▶ Task to carry out:
Faithfully repeat all of the records, as they are written below.

[[ Dataset entries, beginning ]]

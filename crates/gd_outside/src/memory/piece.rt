ghost use Rattle.std.specs.Prelude.{◌≡◌, ◌+◌, ◌≤◌, length, min, vec_len, vec_capacity, IsOk, OnOk};
ghost use Rattle.gd_outside.specs.Journals.{put_at};

use std::alloc::AllocError;

/// Puts the piece at that place, over what is there, and past the end where it is longer; at the end, where the place
/// is behind that.
pub(crate) fn put_over(bytes: &mut Vec<u8>, pos: u64, piece: &[u8]) -> Result<(), AllocError>
    ensures items { OnOk result (bytes.new.items ≡ put_at bytes.old.items pos piece.now) }
    ensures capacity { vec_capacity bytes.old ≤ vec_capacity bytes.new }
    ensures sure { min pos (vec_len bytes.old) + length piece.now ≤ vec_capacity bytes.old
        → IsOk result }
{
    let at = (bytes.len() as u64).min(pos) as usize;
    let over = piece.len().min(bytes.len() - at);
    bytes[at..at + over].copy_from_slice(&piece[..over]);
    bytes.extend_from_slice(&piece[over..])
}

[[ Dataset entries, end ]]

▶ Output for this task:
filename crates/gd_outside/src/memory/piece.rt
ghost use Rattle.std.specs.Prelude.{◌≡◌, ◌+◌, ◌≤◌, length, min, vec_len, vec_capacity, IsOk, OnOk};
ghost use Rattle.gd_outside.specs.Journals.{put_at};

use std::alloc::AllocError;

/// Puts the piece at that place, over what is there, and past the end where it is longer; at the end, where the place
/// is behind that.
pub(crate) fn put_over(bytes: &mut Vec<u8>, pos: u64, piece: &[u8]) -> Result<(), AllocError>
    ensures items { OnOk result (bytes.new.items ≡ put_at bytes.old.items pos piece.now) }
    ensures capacity { vec_capacity bytes.old ≤ vec_capacity bytes.new }
    ensures sure { min pos (vec_len bytes.old) + length piece.now ≤ vec_capacity bytes.old
        → IsOk result }
{
    let at = (bytes.len() as u64).min(pos) as usize;
    let over = piece.len().min(bytes.len() - at);
    bytes[at..at + over].copy_from_slice(&piece[..over]);
    bytes.extend_from_slice(&piece[over..])
}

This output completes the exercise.